Les jurés du Goncourt-Renaudot ont donc une fois de plus choisi de remercier la maison Gallimard à qui sont revenus les deux prix cette année encore. Très fort, car le livre de Daniel Pennac (chagrin d'école) n'est même pas à proprement parler un roman, mais une énième digression sur les tares par ailleurs bien réelles de notre Education Nationale. Il parait (Giesbert) que c'est digne de Pagnol. S'il le dit...
Moi, je regretterai que les prix, les grands en tout cas puisqu'il reste encore le Médicis et l'Interallié aient encore laissé passer Olivier Adam. Mais il faut dire que lorsqu'on a déjà ignoré Michel Houellebecq, le seul auteur qui ait réellement secoué une littérature française moribonde, on est pas à ça près. Ça, en l'occurrence, s'appelle "A l'abri de rien" (L'olivier). Je ne crie pas au chef d'oeuvre, c'est plein de défauts agaçants ( comme ces allusions répétées à Céline et au "Voyage"), mais par ailleurs c'est fort, juste, engagé, courageux, et oui, social. Une écriture fluide et qui donne en même temps des coups de poing dans le ventre. Adam touche, émeut avec son héroïne brisée et qui perd pied parce qu'elle ne parvient pas à canaliser ses sentiments. Et puis, par dessus tout, moi, ce qui me plait c'est qu'il me fait réfléchir aussi, en appuyant sur une plaie de notre société, à savoir notre façon de nous comporter face aux réfugiés, à l'étrangeté. Bref un roman français qui ne vous fait pas perdre votre temps. Plutôt rare.
 

Commentaires

Bonjour,
Moi aussi j'étais en colère lorsque "La possibilité d'une île" a été écarté, c'est d'ailleurs la seule fois où je me suis intéressée aux prix littéraires, qui n'en valent décidément pas la peine.

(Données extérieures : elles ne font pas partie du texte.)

//! Batches of sixteen calls beside sixteen calls one by one, through one seat.
use super::desks::Desk;
use super::samples::new_page;
use crate::asked::unref;
use crate::timing::nanos_since;
use anyhow::{Result, bail};
use base::ObjectId;
use kernel_rules::{Call, Reply};
use published_copy::{Naming, Seat};
use std::alloc::Global;
use std::rt::Clock;
use std::sync::Wait;
use std::time::Instant;

/// How many calls a batch has.
pub const CALLS: usize = 16;

fn creations(alloc: Global) -> Result<Vec<Call>> {
    let mut calls = Vec::with_capacity(alloc, CALLS)?;
    for _ in 0..CALLS {
        calls.push(new_page())?;
    }
    Ok(calls)
}

/// The ends of sixteen segments that were made one after another, of which this is the first.
fn ends(alloc: Global, first: ObjectId) -> Result<Vec<Call>> {
    let mut calls = Vec::with_capacity(alloc, CALLS)?;
    for place in 0..CALLS as u64 {
        let id = ObjectId::new(first.number().saturating_add(place));
        calls.push(unref(ObjectId::root(), id))?;
    }
    Ok(calls)
}

fn made(reply: Option<&Reply>) -> Result<ObjectId> {
    match reply {
        Some(Reply::Object(id)) => Ok(*id),
        _ => bail!("no segment"),
    }
}

/// Sixteen calls as one event, and what the first of them made, where it made something.
fn in_one<B: Naming, R: Wait>(rt: &R, seat: &mut Seat<'_, B>, calls: &[Call]) -> Result<ObjectId> {
    let receipt = seat.submit_batch(rt, calls)?;
    match receipt.replies.first() {
        Some(Reply::Done) => Ok(ObjectId::root()),
        reply => made(reply),
    }
}

fn one_by_one<B: Naming, R: Wait>(
    rt: &R,
    seat: &mut Seat<'_, B>,
    calls: &[Call],
) -> Result<ObjectId> {
    let mut last = ObjectId::root();
    let mut reply = Reply::Done;
    for call in calls {
        seat.submit_into(rt, call, &mut reply)?;
        if let Reply::Object(id) = reply {
            last = id;
        }
    }
    Ok(last)
}

fn make_batches<B: Naming, R: Wait>(
    rt: &R,
    alloc: Global,
    seat: &mut Seat<'_, B>,
    rounds: u64,
) -> Result<()> {
    let calls = creations(alloc)?;
    for _ in 0..rounds {
        let first = in_one(rt, seat, calls.as_slice())?;
        let ends = ends(alloc, first)?;
        in_one(rt, seat, ends.as_slice())?;
    }
    Ok(())
}

fn make_singly<B: Naming, R: Wait>(
    rt: &R,
    alloc: Global,
    seat: &mut Seat<'_, B>,
    rounds: u64,
) -> Result<()> {
    let calls = creations(alloc)?;
    for _ in 0..rounds {
        let last = one_by_one(rt, seat, calls.as_slice())?;
        let first = ObjectId::new(last.number().saturating_sub(CALLS as u64 - 1));
        let ends = ends(alloc, first)?;
        one_by_one(rt, seat, ends.as_slice())?;
    }
    Ok(())
}

/// The nanoseconds in which a seat makes sixteen segments and takes them away again so often, each sixteen as one batch,
/// and in which it does so call by call.
pub fn time_both<B: Naming, R: Wait + Clock>(
    rt: &R,
    alloc: Global,
    desk: &Desk<'_, B>,
    rounds: u64,
) -> Result<(u64, u64)> {
    let mut seat = desk.value.lock(rt);
    let start = Instant::now(rt)?;
    let batched = make_batches(rt, alloc, &mut seat, rounds);
    let together = nanos_since(rt, start)?;
    let start = Instant::now(rt)?;
    let singly = make_singly(rt, alloc, &mut seat, rounds);
    let apart = nanos_since(rt, start)?;
    batched?;
    singly?;
    Ok((together, apart))
}
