//! What both machines offer.
ghost use Rattle.std.specs.Prelude.{◌≡◌, ◌↔◌, ◌%◌, IsTrue};

use base::{NoMemory, ObjectId};
use containers::Visitor;

/// Whether an id is that of a container: the odd ids are, so the root is, and the even ids are not.
pub fn is_container(id: ObjectId) -> bool
    ensures { IsTrue result ↔ (id % 2 ≡ 1) }
{
    id.number() % 2 == 1
}

/// Containers and what they list. A call tests what it needs; where that does not hold it answers false or nothing, and
/// nothing changes. An error is want of memory.
pub trait Hierarchy {
    /// Adds an object under an id above all others, as the last entry of a container that is there, where there is room
    /// for an object and a link.
    fn create(&mut self, container: ObjectId, id: ObjectId) -> Result<bool, NoMemory>;

    /// Adds a link to an object as the last entry of a container. Both are there, the object is not the root and not yet
    /// listed there, a container is listed by older ones alone, and there is room for a link.
    fn link(&mut self, container: ObjectId, object: ObjectId) -> Result<bool, NoMemory>;

    /// Takes out a link that is there, and all to which no path leads any more. The visitor is handed what went.
    fn unref<V: Visitor>(
        &mut self,
        container: ObjectId,
        object: ObjectId,
        visitor: &mut V,
    ) -> Result<bool, NoMemory>;

    /// The first that lists an object, of those that list it in the order of linking. Nothing for what is not there, or
    /// for the root.
    fn parent(&mut self, object: ObjectId) -> Option<ObjectId>;

    /// Writes a container's entries from a place on into a window, as far as both go, and tells how many those are.
    fn entries(&mut self, id: ObjectId, from: usize, window: &mut [ObjectId]) -> Option<usize>;

    /// How many objects there are.
    fn count(&self) -> usize;

    /// The id at a place among all that are there, which rise.
    fn live(&mut self, place: usize) -> Option<ObjectId>;
}
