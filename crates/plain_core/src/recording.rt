//! The state of a store as plain records: each object is copied by what looks at it answer. It promises that the records are
//! the state, over any store, and that memory is taken for the records alone; want of it is the only error. What is done with
//! records is left to others.

mod contents;
mod objects;
mod records;

pub use records::records_of;
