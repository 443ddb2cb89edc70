//! Writes and reads of 64 bytes of a segment, each through its thread's seat.
use super::pauses::has_stopped;
use super::rooms::Roomy;
use super::samples::{Both, new_page};
use crate::asked::{asker, new_thread, object_in, shows_bytes};
use crate::timing::nanos_since;
use crate::work::Work;
use anyhow::{Result, bail};
use base::ObjectId;
use kernel_rules::Reply;
use published_copy::{Naming, Seat, Shared};
use std::alloc::Global;
use std::rt::Clock;
use std::sync::atomic::{AtomicBool, AtomicU64, Ordering};
use std::sync::{Mutex, Wait};
use std::thread;
use std::thread::Threads;
use std::time::Instant;

/// A thread's seat, apart from others'.
pub type Desk<'s, B> = Roomy<Mutex<Seat<'s, B>>>;

/// Threads that go on until those that are timed have ended, with so many looks between two calls.
#[derive(Drop)]
pub struct Others<'a, 's, B: Naming> {
    pub desks: &'a [Desk<'s, B>],
    pub work: Work,
    pub looks: u32,
}

// Whether a write was done, or the bytes that were written were read.
fn is_done<B: Naming, R: Wait>(
    rt: &R,
    seat: &mut Seat<'_, B>,
    work: Work,
    both: &Both,
    reply: &mut Reply,
) -> bool {
    match work {
        Work::Write => {
            seat.submit_into(rt, &both.call, reply).is_ok() && matches!(reply, Reply::Done)
        }
        Work::Read => seat.read_into(&both.query, reply).is_ok() && shows_bytes(reply),
    }
}

fn work_all<B: Naming, R: Wait>(
    rt: &R,
    desk: &Desk<'_, B>,
    work: Work,
    rounds: u64,
    done: &AtomicU64,
) {
    let both = Both::new();
    let mut seat = desk.value.lock(rt);
    let mut count = 0u64;
    let mut reply = Reply::Done;
    for _ in 0..rounds {
        if is_done(rt, &mut seat, work, &both, &mut reply) {
            count = count.wrapping_add(1);
        }
    }
    done.fetch_add(count, Ordering::SeqCst);
}

fn work_until<B: Naming, R: Wait>(
    rt: &R,
    desk: &Desk<'_, B>,
    work: Work,
    looks: u32,
    stop: &AtomicBool,
) {
    let both = Both::new();
    let mut seat = desk.value.lock(rt);
    let mut reply = Reply::Done;
    for _ in rt.forever() {
        if has_stopped(stop, looks) {
            return;
        }
        is_done(rt, &mut seat, work, &both, &mut reply);
    }
}

/// A new thread, which the boot thread makes.
fn make_thread<B: Naming, R: Wait>(rt: &R, boot: &mut Seat<'_, B>) -> Result<ObjectId> {
    let made = boot.submit(rt, &new_thread())?;
    match object_in(&made.reply) {
        Some(thread) => Ok(thread),
        None => bail!("no thread"),
    }
}

fn add_desk<'s, B: Naming, R: Wait>(
    rt: &R,
    shared: &'s Shared<B>,
    thread: ObjectId,
    desks: &mut Vec<Desk<'s, B>>,
) -> Result<()> {
    desks.push(Roomy::new(Mutex::new(shared.open_seat(rt, thread)?)))?;
    Ok(())
}

/// The segment with its bytes, and so many new threads with their seats.
fn fill<'s, B: Naming, R: Wait>(
    rt: &R,
    shared: &'s Shared<B>,
    boot: &mut Seat<'_, B>,
    threads: u64,
    desks: &mut Vec<Desk<'s, B>>,
) -> Result<()> {
    boot.submit(rt, &new_page())?;
    boot.submit(rt, &Both::new().call)?;
    for _ in 0..threads {
        let thread = make_thread(rt, boot)?;
        add_desk(rt, shared, thread, desks)?;
    }
    Ok(())
}

/// A segment of a page with the bytes, so many new threads with a seat each, and last the boot thread's seat.
pub fn add_desks<'s, B: Naming, R: Wait>(
    rt: &R,
    shared: &'s Shared<B>,
    threads: u64,
    desks: &mut Vec<Desk<'s, B>>,
) -> Result<()> {
    let mut boot = shared.open_seat(rt, asker())?;
    let filled = fill(rt, shared, &mut boot, threads, desks);
    desks.push(Roomy::new(Mutex::new(boot)))?;
    filled
}

/// The nanoseconds in which all desks at once do their work so often each, while it is counted what was done.
pub fn time_all<'s, B: Naming + Send, R: Threads + Wait + Clock + Sync>(
    rt: &R,
    desks: &[Desk<'s, B>],
    work: Work,
    rounds: u64,
    done: &AtomicU64,
) -> Result<u64> {
    let start = Instant::now(rt)?;
    thread::scope(thread::scope_env(), rt, |scope| {
        for desk in desks {
            let _ = scope.spawn(move || work_all(rt, desk, work, rounds, done));
        }
    });
    nanos_since(rt, start)
}

/// The same while others go on.
pub fn time_beside<'s, B: Naming + Send, R: Threads + Wait + Clock + Sync>(
    rt: &R,
    others: &Others<'_, 's, B>,
    desks: &[Desk<'s, B>],
    work: Work,
    rounds: u64,
    done: &AtomicU64,
) -> Result<u64> {
    let stop = AtomicBool::new(false);
    let (stop, theirs, looks) = (&stop, others.work, others.looks);
    thread::scope(thread::scope_env(), rt, |scope| {
        for desk in others.desks {
            let _ = scope.spawn(move || work_until(rt, desk, theirs, looks, stop));
        }
        let taken = time_all(rt, desks, work, rounds, done);
        stop.store(true, Ordering::SeqCst);
        taken
    })
}
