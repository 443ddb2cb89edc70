//! Containers beside a plain twin of them.
//!
//! `Hierarchy` is what both offer: calls that test what they need, and tell whether they were made. `Guarded` plays them
//! on `containers`, and `Twin` on a list of ids and a list of links, from which it computes all else anew, liveness too.
//! The twin is simple on purpose and is for tests alone; nothing is promised of its time or memory.
#![tactic(auto)]

mod guarded;
mod hierarchy;
mod twin;

pub use guarded::Guarded;
pub use hierarchy::{Hierarchy, is_container};
pub use twin::Twin;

Pour votre information, voici une adresse où je détaille la façon dont Yannick Haenel, pour son roman "Cercle" (Gallimard, prix Décembre), a pillé plusieurs de mes livres :

http://amainsnues.hautetfort.com/

Écrit par : Alina Reyes | 09/11/2007

CERCLE VICIEUX

C chaque fois autant plaisir de vs retrouver sur la mm longueur d’onde. J’ai bcp appécié aussi ce livre, avec d’autres réserves personnelles, certes. Ravi particulièrement de ces bouffées d’émotion lorsque l’héroïne (?) évoque ses enfants. Certainement ému de réaliser en mm temps le talent de ce type pour évoquer ce sentiment si troublant de (p)maternité. Toute cette tendresse.

Malgré tt, 700 romans édités, une poigné retenus pour aussi peu de maisons d’édition ! C gentil de permettre Au Diable Vauvert ou à Actes Sud de rester en vacances. Je cite mes favorites, mais ON peut s’amuser à rallonger la liste.

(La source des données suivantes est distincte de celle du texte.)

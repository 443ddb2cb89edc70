//! Checkpoints and the plain state: whether a checkpoint can be restored, in time near linear in its
//! size for any checkpoint, the state that it restores, and the checkpoint that writes a state down. It
//! promises that what is restored is the state that the checkpoint says, and that `is_restorable` tells
//! exactly which can be. Which calls lead to a state is left to the crates above.

mod building;
mod counts;
mod keeping;
mod labels;
mod numbers;
mod restores;
mod tests_of_names;
mod tests_of_objects;
mod tests_of_order;
mod tests_of_records;
mod tests_of_sizes;
mod writing;

pub use building::build;
pub use counts::{count_listers, counted, is_distinct, is_listed_rightly};
pub use keeping::is_well_formed;
pub use labels::{are_made, stored};
pub use numbers::{listed, next_numbers};
pub use restores::{RestoreFault, is_restorable, restore};
pub use tests_of_names::{are_recorded, name_given, name_kinds};
pub use tests_of_objects::{
    is_in_bounds, is_starless, is_whole_entry, is_within, maps_rightly, may_hold,
};
pub use tests_of_order::{are_threads_given, has_slots, ids_rise, is_ordered};
pub use tests_of_records::{
    are_entries_whole, are_starless, counters_within, has_root, list_rightly, map_rightly,
};
pub use tests_of_sizes::is_whole;
pub use writing::write;
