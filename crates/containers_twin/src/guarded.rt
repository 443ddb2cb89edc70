//! Containers, each call of which tests what it needs.
ghost use Rattle.std.specs.Prelude.{◌≡◌, ◌<◌, ◌+◌, ◌*◌, ◌%◌, ◌^◌, length, All, IsTrue};
ghost use Rattle.std.specs.Prelude.{true};
ghost use Rattle.base.specs.Live.{has};
ghost use Rattle.containers.specs.Tree.{ids_in, link_count};
ghost use Rattle.containers_twin.specs.Layers.{IsLayered};

use crate::hierarchy::{Hierarchy, is_container};
use base::{Meter, NoMemory, ObjectId, Slot};
use containers::{Containers, Visitor};
use std::alloc::Global;

/// Containers with a meter of their own. Who lists something has an odd id, and a container is listed by older ones
/// alone. The record of an object is the number of its id.
#[derive(Drop)]
pub struct Guarded {
    tree: Containers<u64>,
    meter: Meter,
    pool: usize,
    ghost pool_is: { length tree.cells ≡ pool },
    ghost layered: { IsLayered tree.lists },
}

// Whether a container may list an object: only what has an odd id lists something, and then only younger ones of these.
fn may_list(container: ObjectId, object: ObjectId) -> bool
    ensures { IsTrue result → (container % 2 ≡ 1) × (object % 2 ≡ 1 → container < object) }
{
    is_container(container) && (!is_container(object) || container.number() < object.number())
}

// Whether an id is that of an object that is there.
fn is_there(tree: &Containers<u64>, id: ObjectId, meter: &mut Meter) -> bool
    ensures { result ≡ has (ids_in tree.now.lists) id }
{
    match tree.find(id, meter) {
        Some(_) => true,
        None => false,
    }
}

// Whether an id is above all that are there.
fn is_above(tree: &Containers<u64>, id: ObjectId, meter: &mut Meter) -> bool
    ensures { IsTrue result → All (λ i. i < id) (ids_in tree.now.lists) }
{
    let len = tree.len();
    if len == 0 {
        return true;
    }
    tree.live(len - 1, meter).number() < id.number()
}

// Whether fewer links are there than the pool has.
fn has_room(tree: &Containers<u64>, pool: usize, meter: &mut Meter) -> bool
    ensures { IsTrue result → link_count tree.now.lists < pool }
{
    let mut left = pool;
    let len = tree.len();
    for place in 0..len {
        let id = tree.live(place, meter);
        let count = tree.entry_count(id, meter);
        if left <= count {
            return false;
        }
        left -= count;
    }
    0 < left
}

impl Guarded {
    /// The root alone, in a pool of so many objects and as many links. Only this takes memory.
    pub fn boot(alloc: Global, pool: usize) -> Result<Guarded, NoMemory>
        requires some { 0 < pool }
        requires fits { 2 * pool + 2 < 2 ^ 64 }
    {
        let meter = Meter::new(alloc)?;
        let tree = Containers::boot(alloc, pool, 1)?;
        Ok(Guarded { tree, meter, pool })
    }

    /// The slot of an id.
    pub fn slot(&mut self, id: ObjectId) -> Option<Slot> {
        self.tree.find(id, &mut self.meter)
    }

    /// The record of an id.
    pub fn record(&mut self, id: ObjectId) -> Option<u64> {
        match self.tree.find(id, &mut self.meter) {
            Some(slot) => Some(*self.tree.get(slot)),
            None => None,
        }
    }

    /// How many probes and scans were counted.
    pub fn meter(&self) -> &Meter {
        &self.meter
    }
}

impl Hierarchy for Guarded {
    fn create(&mut self, container: ObjectId, id: ObjectId) -> Result<bool, NoMemory> {
        if !is_container(container) || !is_there(&self.tree, container, &mut self.meter) {
            return Ok(false);
        }
        if !is_above(&self.tree, id, &mut self.meter) || self.tree.len() >= self.pool {
            return Ok(false);
        }
        if !has_room(&self.tree, self.pool, &mut self.meter) {
            return Ok(false);
        }
        let _slot = self
            .tree
            .create(container, id, id.number(), &mut self.meter);
        Ok(true)
    }

    fn link(&mut self, container: ObjectId, object: ObjectId) -> Result<bool, NoMemory> {
        if !may_list(container, object) || object == ObjectId::root() {
            return Ok(false);
        }
        if !is_there(&self.tree, container, &mut self.meter) {
            return Ok(false);
        }
        if !is_there(&self.tree, object, &mut self.meter) {
            return Ok(false);
        }
        if self.tree.is_listed(container, object, &mut self.meter) {
            return Ok(false);
        }
        if !has_room(&self.tree, self.pool, &mut self.meter) {
            return Ok(false);
        }
        self.tree.link(container, object, &mut self.meter);
        Ok(true)
    }

    fn unref<V: Visitor>(
        &mut self,
        container: ObjectId,
        object: ObjectId,
        visitor: &mut V,
    ) -> Result<bool, NoMemory> {
        if !self.tree.is_listed(container, object, &mut self.meter) {
            return Ok(false);
        }
        self.tree.unref(container, object, visitor, &mut self.meter);
        Ok(true)
    }

    fn parent(&mut self, object: ObjectId) -> Option<ObjectId> {
        if !is_there(&self.tree, object, &mut self.meter) {
            return None;
        }
        self.tree.parent(object, &mut self.meter)
    }

    fn entries(&mut self, id: ObjectId, from: usize, window: &mut [ObjectId]) -> Option<usize> {
        if !is_there(&self.tree, id, &mut self.meter) {
            return None;
        }
        Some(self.tree.entries(id, from, window, &mut self.meter))
    }

    fn count(&self) -> usize {
        self.tree.len()
    }

    fn live(&mut self, place: usize) -> Option<ObjectId> {
        if self.tree.len() <= place {
            return None;
        }
        Some(self.tree.live(place, &mut self.meter))
    }
}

Quel flair, cela dit, ont les jurés pour arriver à souvent ne garder en lice que ds le périmètre, secteur gardé, territoire germanopraté. A se demander tj comment cette 12 de maisons d’éviction peut tenir un Salon du Livre ensuite avec si peu de collègues. Il faut croire que le racket, disons l’effort financier nécessaire l’été, pour préparer l’abrivado de la rentrée paraît si disproportionné avec ces torrents de dossiers de presse, critiques rédigées d’un journal à l’autre, d’une émission aussi entre des rédacteurs tantôt journalistes et tantôt écri-vains, tt ce catimini qui permet de limiter les dégâts et de s’assurer un bon papier à droite et à gauche si l’auteur a les 2 casquettes.

Echange de services et Ono dit Biot remporte la dernière médaille faisant fi de ces interventions au Point ou ds A Nous Paris et qui sait où ? où il conservera le pouvoir de parler ou non d’un ouvrage ds l’impunité de publications néfastes sur le sien alors. Ts ces pigistes qui donnent leur avis afin de modérer ceux de leurs confrères sur leur ouvrage. Dérèglement du jeu. Fottorino du Monde récompensé aussi, Hatzfeld ancien de Libé ds la foulée. Ca sent la consanguinité.

Que ces familles en réseau fassent une cérémonie d’un soir qui récompenserait à l’instar des Césars et autres tocards, la meilleure maison d’édition, le meilleur auteur pour une fiction, la meilleure traduction. Là aussi ON peut s’amuser à rallonger la liste. Un soir pour tous et qu’elles arrêtent avec ces sélections prévisibles et multiples pour se rincer dans chaque gastos de la capitale comme si c’était moins bon au Thé Marcel de Sète, en se faisant passer pour des artistes voire des intellectuelles différentes des autres vendeuses du journal de 20h, des productions de Canul + ou du télé-agerber.

Ceux qui s’en sortent sans participer à cette orgie n’en ont que + de mérite et donc Adam évidemment. Pensée pour Modiano en écrivain dorénavant de référence, relève de nos classiques, Vivre en mm temps que lui m’inspire le frisson que devaient ressentir les contemporains d’Hugo ou de Molière. Je regrette tellement Yves Navarre.

Suerte !

Écrit par : Serda encore 1 fois | 15/11/2007

Oui Modiano bien sûr. Ah! Navarre. mais Le Ono dit Bio est un bon bouquin, et il faut rappeler que l'interallié annonce la couleur il récompense un roman écrit par un journaliste. Prix à mon avis très mérité.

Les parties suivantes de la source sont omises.